» Task goal
Go through the material below and return each line with the string "asks" in it.

» Record excerpts
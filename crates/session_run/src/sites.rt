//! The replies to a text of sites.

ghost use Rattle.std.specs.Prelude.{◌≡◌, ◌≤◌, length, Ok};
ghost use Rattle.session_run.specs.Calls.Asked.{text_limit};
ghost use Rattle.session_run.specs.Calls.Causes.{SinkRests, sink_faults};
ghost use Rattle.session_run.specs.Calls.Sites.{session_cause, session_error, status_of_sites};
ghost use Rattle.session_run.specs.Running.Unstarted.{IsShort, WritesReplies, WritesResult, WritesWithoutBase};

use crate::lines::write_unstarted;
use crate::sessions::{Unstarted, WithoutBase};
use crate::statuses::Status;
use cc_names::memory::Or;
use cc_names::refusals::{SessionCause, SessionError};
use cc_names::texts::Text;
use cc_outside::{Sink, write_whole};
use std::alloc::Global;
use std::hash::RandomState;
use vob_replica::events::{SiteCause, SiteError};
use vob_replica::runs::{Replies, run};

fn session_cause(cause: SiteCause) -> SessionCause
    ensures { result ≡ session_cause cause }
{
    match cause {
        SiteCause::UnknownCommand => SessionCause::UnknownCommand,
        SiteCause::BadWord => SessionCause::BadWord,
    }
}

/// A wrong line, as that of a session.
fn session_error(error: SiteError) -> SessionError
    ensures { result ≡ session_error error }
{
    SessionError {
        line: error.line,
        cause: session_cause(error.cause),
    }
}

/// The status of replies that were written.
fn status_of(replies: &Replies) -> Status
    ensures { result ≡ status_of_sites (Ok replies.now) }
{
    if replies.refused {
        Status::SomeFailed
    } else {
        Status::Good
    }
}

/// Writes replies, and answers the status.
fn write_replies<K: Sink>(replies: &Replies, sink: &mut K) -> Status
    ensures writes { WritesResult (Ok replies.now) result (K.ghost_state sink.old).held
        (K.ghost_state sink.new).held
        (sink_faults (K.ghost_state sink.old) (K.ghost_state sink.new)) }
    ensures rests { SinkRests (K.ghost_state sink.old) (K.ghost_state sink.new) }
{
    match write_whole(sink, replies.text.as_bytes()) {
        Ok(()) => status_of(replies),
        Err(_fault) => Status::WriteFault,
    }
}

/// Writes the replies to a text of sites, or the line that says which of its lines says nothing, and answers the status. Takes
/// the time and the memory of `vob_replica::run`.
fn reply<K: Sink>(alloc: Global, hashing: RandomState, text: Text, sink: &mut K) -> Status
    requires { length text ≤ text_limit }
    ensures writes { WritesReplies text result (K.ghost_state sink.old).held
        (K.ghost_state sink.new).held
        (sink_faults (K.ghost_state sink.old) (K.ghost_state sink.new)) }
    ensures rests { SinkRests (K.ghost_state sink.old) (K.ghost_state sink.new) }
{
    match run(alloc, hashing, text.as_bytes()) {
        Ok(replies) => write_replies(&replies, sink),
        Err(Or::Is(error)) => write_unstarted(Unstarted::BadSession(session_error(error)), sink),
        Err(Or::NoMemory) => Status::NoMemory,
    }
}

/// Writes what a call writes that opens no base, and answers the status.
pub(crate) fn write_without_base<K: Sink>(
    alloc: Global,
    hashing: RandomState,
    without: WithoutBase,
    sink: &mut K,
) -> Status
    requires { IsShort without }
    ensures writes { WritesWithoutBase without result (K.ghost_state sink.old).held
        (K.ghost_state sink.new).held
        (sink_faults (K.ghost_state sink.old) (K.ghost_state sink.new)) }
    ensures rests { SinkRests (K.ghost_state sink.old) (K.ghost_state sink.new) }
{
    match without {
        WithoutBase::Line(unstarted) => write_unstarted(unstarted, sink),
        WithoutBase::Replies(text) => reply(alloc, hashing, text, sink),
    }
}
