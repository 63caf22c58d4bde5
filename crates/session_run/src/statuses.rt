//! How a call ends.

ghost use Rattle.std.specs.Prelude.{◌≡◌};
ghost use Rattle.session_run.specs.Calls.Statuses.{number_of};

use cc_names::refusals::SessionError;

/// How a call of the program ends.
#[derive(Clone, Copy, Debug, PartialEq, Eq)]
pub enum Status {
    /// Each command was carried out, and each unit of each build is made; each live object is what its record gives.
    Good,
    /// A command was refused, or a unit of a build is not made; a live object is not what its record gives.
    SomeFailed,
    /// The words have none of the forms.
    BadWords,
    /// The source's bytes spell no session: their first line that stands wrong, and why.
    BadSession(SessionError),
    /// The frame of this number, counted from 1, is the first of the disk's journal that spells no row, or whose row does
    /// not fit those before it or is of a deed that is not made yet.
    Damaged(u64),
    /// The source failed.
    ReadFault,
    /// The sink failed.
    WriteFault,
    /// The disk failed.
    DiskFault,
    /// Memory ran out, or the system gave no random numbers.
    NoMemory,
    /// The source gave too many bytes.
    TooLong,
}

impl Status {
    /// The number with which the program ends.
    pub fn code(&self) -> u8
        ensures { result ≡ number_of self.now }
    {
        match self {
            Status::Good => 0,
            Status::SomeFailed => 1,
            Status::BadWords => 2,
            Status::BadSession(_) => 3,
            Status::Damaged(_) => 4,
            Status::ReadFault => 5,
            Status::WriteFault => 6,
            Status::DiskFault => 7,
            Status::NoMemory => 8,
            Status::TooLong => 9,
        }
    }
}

* * *

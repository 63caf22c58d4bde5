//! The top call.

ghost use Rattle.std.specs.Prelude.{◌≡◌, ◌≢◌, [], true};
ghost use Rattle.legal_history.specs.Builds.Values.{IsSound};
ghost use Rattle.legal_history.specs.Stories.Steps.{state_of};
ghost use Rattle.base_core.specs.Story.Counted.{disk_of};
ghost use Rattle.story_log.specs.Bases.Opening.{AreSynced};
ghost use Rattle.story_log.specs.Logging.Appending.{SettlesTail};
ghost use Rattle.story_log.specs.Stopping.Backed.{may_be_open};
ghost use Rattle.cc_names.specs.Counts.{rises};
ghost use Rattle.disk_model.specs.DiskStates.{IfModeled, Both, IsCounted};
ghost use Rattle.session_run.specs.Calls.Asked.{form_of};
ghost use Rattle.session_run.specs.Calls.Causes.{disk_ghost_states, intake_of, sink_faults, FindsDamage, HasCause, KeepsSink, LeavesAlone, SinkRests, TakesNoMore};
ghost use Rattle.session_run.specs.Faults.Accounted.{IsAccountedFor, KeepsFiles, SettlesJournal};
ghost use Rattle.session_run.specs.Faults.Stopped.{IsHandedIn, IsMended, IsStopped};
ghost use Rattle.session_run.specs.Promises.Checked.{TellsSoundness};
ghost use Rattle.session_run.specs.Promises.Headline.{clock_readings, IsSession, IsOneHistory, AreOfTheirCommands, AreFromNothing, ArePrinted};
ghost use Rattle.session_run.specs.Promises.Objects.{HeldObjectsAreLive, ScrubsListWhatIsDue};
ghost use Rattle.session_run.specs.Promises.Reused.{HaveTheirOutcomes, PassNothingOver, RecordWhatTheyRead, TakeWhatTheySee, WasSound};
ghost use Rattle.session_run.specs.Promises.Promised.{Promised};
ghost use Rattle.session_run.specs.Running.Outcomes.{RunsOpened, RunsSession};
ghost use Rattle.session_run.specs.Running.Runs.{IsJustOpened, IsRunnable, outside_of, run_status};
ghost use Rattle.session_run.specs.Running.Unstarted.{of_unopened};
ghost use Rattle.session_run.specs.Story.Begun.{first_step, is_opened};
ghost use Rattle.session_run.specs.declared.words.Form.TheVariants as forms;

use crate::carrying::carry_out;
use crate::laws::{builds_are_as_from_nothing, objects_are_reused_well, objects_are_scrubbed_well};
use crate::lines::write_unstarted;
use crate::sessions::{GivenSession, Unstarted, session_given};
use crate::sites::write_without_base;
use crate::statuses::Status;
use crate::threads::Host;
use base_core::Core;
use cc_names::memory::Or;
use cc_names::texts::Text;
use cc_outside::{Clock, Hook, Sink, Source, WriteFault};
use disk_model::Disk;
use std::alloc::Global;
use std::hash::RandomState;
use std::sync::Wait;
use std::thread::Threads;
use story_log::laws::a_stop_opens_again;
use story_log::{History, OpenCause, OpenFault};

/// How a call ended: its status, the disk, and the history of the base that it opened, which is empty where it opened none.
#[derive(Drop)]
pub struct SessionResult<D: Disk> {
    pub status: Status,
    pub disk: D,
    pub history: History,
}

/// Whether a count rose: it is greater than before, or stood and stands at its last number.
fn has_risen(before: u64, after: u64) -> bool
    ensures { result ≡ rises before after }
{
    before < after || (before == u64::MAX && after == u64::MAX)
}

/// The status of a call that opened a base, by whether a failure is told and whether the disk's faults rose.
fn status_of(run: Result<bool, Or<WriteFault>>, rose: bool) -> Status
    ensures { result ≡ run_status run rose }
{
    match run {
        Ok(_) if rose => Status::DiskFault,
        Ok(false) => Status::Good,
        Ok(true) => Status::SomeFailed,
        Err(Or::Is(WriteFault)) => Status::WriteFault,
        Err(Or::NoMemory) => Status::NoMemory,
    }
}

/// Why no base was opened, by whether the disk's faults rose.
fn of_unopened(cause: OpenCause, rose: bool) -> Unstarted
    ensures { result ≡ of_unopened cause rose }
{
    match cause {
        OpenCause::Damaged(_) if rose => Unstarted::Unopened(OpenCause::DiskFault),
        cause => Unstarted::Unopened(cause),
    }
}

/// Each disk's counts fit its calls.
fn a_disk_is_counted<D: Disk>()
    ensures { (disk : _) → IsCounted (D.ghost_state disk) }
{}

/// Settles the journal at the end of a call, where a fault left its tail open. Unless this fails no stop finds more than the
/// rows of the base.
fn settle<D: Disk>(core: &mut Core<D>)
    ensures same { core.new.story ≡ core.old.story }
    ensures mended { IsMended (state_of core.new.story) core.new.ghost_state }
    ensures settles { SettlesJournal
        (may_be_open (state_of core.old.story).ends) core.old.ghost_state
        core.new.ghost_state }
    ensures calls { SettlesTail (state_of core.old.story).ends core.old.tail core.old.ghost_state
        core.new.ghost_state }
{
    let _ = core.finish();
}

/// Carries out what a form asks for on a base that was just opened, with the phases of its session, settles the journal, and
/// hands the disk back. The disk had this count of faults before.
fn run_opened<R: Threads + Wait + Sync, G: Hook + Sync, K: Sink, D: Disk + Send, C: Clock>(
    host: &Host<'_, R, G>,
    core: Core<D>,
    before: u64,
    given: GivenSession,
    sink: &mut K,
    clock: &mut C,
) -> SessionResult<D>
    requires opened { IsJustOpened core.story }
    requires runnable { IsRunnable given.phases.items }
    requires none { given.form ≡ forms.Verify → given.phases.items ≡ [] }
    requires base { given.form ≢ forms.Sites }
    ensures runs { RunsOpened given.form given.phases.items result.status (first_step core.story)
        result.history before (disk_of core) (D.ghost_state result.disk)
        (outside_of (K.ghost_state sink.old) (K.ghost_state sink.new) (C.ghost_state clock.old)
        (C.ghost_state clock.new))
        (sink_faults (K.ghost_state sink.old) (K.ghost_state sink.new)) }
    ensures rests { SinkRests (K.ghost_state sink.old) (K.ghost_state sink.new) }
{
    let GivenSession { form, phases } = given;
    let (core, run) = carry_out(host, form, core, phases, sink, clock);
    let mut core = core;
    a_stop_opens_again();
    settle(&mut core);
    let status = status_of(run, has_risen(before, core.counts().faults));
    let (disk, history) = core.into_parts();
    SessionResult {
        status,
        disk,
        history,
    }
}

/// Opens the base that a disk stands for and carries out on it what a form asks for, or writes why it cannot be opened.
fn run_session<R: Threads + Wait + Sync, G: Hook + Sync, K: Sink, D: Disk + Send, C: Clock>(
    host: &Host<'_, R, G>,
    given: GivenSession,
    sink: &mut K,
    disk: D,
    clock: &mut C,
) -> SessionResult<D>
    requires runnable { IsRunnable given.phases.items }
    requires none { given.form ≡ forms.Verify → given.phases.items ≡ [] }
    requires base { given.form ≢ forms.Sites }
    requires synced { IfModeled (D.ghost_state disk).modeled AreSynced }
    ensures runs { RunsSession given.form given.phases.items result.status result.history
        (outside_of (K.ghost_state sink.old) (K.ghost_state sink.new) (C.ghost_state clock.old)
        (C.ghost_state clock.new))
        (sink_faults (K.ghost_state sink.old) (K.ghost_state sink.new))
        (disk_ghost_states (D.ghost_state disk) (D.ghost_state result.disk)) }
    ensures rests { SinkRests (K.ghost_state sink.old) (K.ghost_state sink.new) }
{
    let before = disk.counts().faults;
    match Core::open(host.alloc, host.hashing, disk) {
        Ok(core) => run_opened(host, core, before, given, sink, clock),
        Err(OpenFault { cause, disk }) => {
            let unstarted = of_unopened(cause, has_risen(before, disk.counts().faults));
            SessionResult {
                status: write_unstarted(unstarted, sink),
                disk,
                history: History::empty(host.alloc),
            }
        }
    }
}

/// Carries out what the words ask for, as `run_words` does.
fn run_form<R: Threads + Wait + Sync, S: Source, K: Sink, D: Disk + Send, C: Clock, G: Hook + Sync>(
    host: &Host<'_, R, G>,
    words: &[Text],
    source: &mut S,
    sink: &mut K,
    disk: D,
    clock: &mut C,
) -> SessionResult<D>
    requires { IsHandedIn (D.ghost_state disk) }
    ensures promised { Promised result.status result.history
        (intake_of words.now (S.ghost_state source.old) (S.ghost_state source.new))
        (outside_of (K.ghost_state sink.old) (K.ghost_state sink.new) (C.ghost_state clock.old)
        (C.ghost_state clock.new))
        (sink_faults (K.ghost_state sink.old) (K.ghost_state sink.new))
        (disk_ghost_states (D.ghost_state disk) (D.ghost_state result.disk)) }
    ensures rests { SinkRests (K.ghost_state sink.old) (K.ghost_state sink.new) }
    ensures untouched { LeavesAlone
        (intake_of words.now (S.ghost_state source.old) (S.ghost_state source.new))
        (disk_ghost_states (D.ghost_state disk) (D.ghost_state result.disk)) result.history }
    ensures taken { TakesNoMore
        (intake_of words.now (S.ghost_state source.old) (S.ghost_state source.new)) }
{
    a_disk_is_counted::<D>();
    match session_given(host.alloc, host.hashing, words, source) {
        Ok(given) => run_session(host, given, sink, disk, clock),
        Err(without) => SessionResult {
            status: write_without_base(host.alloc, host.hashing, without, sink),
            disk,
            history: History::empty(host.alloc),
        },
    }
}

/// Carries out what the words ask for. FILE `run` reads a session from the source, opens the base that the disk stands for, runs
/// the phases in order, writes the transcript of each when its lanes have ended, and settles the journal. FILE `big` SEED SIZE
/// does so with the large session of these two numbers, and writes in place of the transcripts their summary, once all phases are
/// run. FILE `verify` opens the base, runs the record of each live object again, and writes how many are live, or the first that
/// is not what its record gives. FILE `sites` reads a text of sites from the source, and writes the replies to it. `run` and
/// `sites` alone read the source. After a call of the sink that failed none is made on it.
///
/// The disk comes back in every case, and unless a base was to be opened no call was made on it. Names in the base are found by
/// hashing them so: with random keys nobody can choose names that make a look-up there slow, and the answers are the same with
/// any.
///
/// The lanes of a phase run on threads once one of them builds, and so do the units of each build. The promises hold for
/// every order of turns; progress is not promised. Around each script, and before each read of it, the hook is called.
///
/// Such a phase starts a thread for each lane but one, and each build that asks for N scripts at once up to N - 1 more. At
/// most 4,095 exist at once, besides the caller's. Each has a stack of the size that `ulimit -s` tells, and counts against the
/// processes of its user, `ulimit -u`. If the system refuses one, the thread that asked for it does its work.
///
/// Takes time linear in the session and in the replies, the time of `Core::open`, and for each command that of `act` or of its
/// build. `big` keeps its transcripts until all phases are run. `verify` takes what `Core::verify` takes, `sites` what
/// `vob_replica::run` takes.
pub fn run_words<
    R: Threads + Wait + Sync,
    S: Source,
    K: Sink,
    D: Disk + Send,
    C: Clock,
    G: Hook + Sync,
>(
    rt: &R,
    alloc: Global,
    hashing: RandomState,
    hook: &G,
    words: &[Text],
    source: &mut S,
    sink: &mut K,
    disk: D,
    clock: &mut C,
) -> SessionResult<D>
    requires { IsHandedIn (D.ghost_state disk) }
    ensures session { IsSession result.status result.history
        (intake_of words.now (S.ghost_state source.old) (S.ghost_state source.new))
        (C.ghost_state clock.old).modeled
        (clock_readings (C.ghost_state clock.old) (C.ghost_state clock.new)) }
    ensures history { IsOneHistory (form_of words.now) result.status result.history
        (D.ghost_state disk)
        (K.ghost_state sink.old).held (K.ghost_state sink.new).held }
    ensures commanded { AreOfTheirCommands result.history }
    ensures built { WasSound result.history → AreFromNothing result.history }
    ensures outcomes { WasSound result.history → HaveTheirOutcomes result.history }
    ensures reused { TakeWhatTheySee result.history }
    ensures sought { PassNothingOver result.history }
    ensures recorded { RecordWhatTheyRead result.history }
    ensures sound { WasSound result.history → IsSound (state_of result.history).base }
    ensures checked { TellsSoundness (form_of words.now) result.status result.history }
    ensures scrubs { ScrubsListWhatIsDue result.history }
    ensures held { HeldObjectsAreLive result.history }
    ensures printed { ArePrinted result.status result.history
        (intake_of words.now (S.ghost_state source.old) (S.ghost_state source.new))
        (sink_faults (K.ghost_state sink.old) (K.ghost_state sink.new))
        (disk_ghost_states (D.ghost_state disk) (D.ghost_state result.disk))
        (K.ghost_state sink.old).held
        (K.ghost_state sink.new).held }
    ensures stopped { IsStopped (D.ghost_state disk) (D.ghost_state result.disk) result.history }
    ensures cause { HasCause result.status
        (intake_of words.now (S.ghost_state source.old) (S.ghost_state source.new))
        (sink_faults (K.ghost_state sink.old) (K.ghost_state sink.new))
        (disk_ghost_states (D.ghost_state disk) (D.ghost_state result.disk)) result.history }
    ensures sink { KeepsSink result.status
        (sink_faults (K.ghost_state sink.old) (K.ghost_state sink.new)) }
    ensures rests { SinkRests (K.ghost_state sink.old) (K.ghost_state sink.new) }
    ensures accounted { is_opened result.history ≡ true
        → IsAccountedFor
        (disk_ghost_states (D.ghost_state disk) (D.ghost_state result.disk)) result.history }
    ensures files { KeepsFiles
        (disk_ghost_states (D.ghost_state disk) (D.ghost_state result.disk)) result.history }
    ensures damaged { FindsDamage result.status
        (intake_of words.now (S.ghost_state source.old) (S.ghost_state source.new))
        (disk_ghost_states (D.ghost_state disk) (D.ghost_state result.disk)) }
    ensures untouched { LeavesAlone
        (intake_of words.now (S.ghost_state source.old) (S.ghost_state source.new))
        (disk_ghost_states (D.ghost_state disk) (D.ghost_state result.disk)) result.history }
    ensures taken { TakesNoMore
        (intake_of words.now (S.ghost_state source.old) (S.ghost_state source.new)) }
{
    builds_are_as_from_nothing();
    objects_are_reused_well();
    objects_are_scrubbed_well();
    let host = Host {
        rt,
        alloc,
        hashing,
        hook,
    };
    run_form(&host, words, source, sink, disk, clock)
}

» Task solution
/// Carries out what a form asks for on a base that was just opened, with the phases of its session, settles the journal, and
/// Opens the base that a disk stands for and carries out on it what a form asks for, or writes why it cannot be opened.
/// Such a phase starts a thread for each lane but one, and each build that asks for N scripts at once up to N - 1 more. At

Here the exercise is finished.